Marie Lloyd (1870-1922)

lloyd-m000.jpg - 20kb

Marie Lloyd (1870-1922)

 

In Press and Literature

MISS MARIE LL0YD RETURNS - HER INTERVIEW WITH MR. KRUGER
(The Daily Mail [London] - 24th May, 1897)

(The Daily Mail [London] - 24th May, 1897)
MISS MARIE LL0YD RETURNS
HER INTERVIEW WITH MR. KRUGER
("Daily Mail" Special.)

Any one not aware of the reason for the scene which occurred at Waterloo yesterday might easily have imagined the wild excitement to be due to the arrival of a party of Royal visitors for the Jubilee. The occasion was the home-coming of Miss Marie Lloyd, who has been filling a short but splendidly successful season in South Africa.

It was nearly at quarter-past one when the special bearing the passengers from the S.S. Tartar was sighted in the offing, and at that time some hundreds of people were gathered on the platform. As the engine-entered the dock an enthusiastic relative of the distinguished variety artiste said, "Get together, boys, and give her a cheer," and a few seconds later the lady who has given to a grateful world many such enduring classics as "Oh, Mr. Porter " and "Johnny Jones" swept by in the fore-end of a saloon car. If there was excitement at the moment it was increased fiftyfold as the eminent artiste, with an exclamation of delirious joy, jumped from the platform of the coach into the eager arms of the enthusiastic relative aforesaid.

For half an hour the scene was too touchingly beautiful to be profaned by description. To the bewildered senses of a callous journalist it seemed that a plump, golden-haired lady in sailor rig was rushing around bestowing hysterical caresses on all within hugging range. Thirty-seven resounding kisses jarred the glass roof of the station inside of twenty-three seconds, which, it seems, dislocates the previous record by a second and two-fifths.

But amid that scene of frenzy one remained calm and unhugged. His heroic figure, drawn to its full height, and his classical features fixed with the immobility of a Roman statue, he looked without a quiver upon the spectacle of wholesale osculation. Then, advancing proudly to the little lady-with the golden hair, he-said, "What ho, Marie - do you speak Johannesburg?" It is, perhaps, superfluous to state that the original of the picture was Mr. Daniel Leno. Then amid a riot of happy words an adjournment was made to the refreshment room.

Later in the day a representative of the "Daily Mail" saw Miss Marie Lloyd at her suburban home, and there gathered that the two months season at the Empire, Johannesburg, had been an unqualified success.

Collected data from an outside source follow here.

//! Servers that stop, and are opened again over what their disks kept.
use crate::luck::Luck;
use crate::stopping::Stopping;
use lynx_names::{Memory, ServerId};
use lynx_server::Server;
use lynx_set::ChainSet;
use std::alloc::Global;

/// A server over its keeper.
fn serve<K: Stopping>(
    alloc: Global,
    set: &ChainSet,
    server: ServerId,
    keeper: K,
) -> Result<Server<K>, Memory> {
    match Server::open(alloc, set, server, keeper) {
        Ok(server) => Ok(server),
        Err(_) => Err(Memory),
    }
}

/// A keeper on the disks. Where the machine stops before it is open, it comes back, and that is
/// counted.
fn open_at_last<K: Stopping>(
    alloc: Global,
    set: &ChainSet,
    server: ServerId,
    disks: K::Disks,
    luck: &mut Luck,
    stops: &mut u64,
) -> Result<K, Memory> {
    let mut disks = disks;
    for _ in 0..100u32 {
        match K::open_on(alloc, disks, set, server) {
            Ok(keeper) => return Ok(keeper),
            Err(left) => {
                *stops = stops.saturating_add(1);
                disks = K::come_back(alloc, left, luck, false)?;
            }
        }
    }
    Err(Memory)
}

/// The servers of the set over new stores.
pub fn open_all<K: Stopping>(
    alloc: Global,
    set: &ChainSet,
    luck: &mut Luck,
    stops: &mut u64,
) -> Result<Vec<Server<K>>, Memory> {
    let mut servers = Vec::new(alloc);
    for number in 0..set.servers() {
        let server = ServerId::at(number);
        let disks = K::new_disks(alloc, luck);
        let keeper: K = open_at_last(alloc, set, server, disks, luck, stops)?;
        servers.push(serve(alloc, set, server, keeper)?)?;
    }
    Ok(servers)
}

/// The server opened again over what its disks kept.
fn reopened<K: Stopping>(
    alloc: Global,
    set: &ChainSet,
    stopped: Server<K>,
    luck: &mut Luck,
    stops: &mut u64,
) -> Result<Server<K>, Memory> {
    let server = stopped.server();
    let disks = K::come_back(alloc, stopped.into_keeper().into_disks(), luck, false)?;
    let keeper: K = open_at_last(alloc, set, server, disks, luck, stops)?;
    serve(alloc, set, server, keeper)
}

/// Whether the server is opened again now: after its store failed, or now and then in the middle of
/// its work.
fn comes_back<K: Stopping>(server: &Server<K>, luck: &mut Luck) -> bool {
    luck.once_in(if server.is_stopped() { 3 } else { 100 })
}

/// The servers, where some are opened again.
pub fn reopen_some<K: Stopping>(
    alloc: Global,
    set: &ChainSet,
    servers: Vec<Server<K>>,
    luck: &mut Luck,
    stops: &mut u64,
) -> Result<Vec<Server<K>>, Memory> {
    let mut after = Vec::new(alloc);
    for server in servers {
        let server = if comes_back(&server, luck) {
            *stops = stops.saturating_add(1);
            reopened(alloc, set, server, luck, stops)?
        } else {
            server
        };
        after.push(server)?;
    }
    Ok(after)
}

/// The keeper of the server, opened again over what its disks kept. From now on they last.
fn lasting<K: Stopping>(
    alloc: Global,
    set: &ChainSet,
    server: Server<K>,
    luck: &mut Luck,
) -> Result<K, Memory> {
    let number = server.server();
    let disks = K::come_back(alloc, server.into_keeper().into_disks(), luck, true)?;
    match K::open_on(alloc, disks, set, number) {
        Ok(keeper) => Ok(keeper),
        Err(_) => Err(Memory),
    }
}

/// The keepers of all servers, opened again over what their disks kept. From now on they last.
pub fn keepers_of<K: Stopping>(
    alloc: Global,
    set: &ChainSet,
    servers: Vec<Server<K>>,
    luck: &mut Luck,
) -> Result<Vec<K>, Memory> {
    let mut keepers = Vec::new(alloc);
    for server in servers {
        keepers.push(lasting(alloc, set, server, luck)?)?;
    }
    Ok(keepers)
}

/// The servers of the set over these keepers.
pub fn serve_all<K: Stopping>(
    alloc: Global,
    set: &ChainSet,
    keepers: Vec<K>,
) -> Result<Vec<Server<K>>, Memory> {
    let mut servers = Vec::new(alloc);
    for keeper in keepers {
        let Some(server) = ServerId::among(set.servers(), servers.len() as u64) else {
            return Err(Memory);
        };
        servers.push(serve(alloc, set, server, keeper)?)?;
    }
    Ok(servers)
}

"My nervousness on the opening night," said the lady, "was awful, but I explained that to the house, and had to sing six songs afterwards. South African politics? Oh, I never worry about politics. I've got something much more important than that to think of. But I saw President Kruger at Pretoria, and we had quite a nice chat. There's a general notion out there that our little interview has settled all international difficulties. I asked him how he was, and he replied, 'Oh, going strong,' or words to that effect. Then I tried to get out of him why he didn't do the square thing by the Uitlanders, and give them their Aliens, Immigration Act and close their Drifts and things, or whatever it was the Uitlanders wanted, and he said if I asked Johnny Jones I should know, see? He rather got on me, didn't he?"

"The people out there, are immensely good. Come and see all the presents they made me. Why, to tell you the truth, I didnt want to come home, but it's nice to be back again all the same. In '99 I return, and before that I shall go to Australia."

Miss Marie Lloyd will appear at the matinee to be given at the Royal Holborn, today, in aid of the Prince of Wales's Fund, and in a fortnight she will resume duty at five halls. She has no intention, at present at all events, of lecturing in the meantime on South African politics.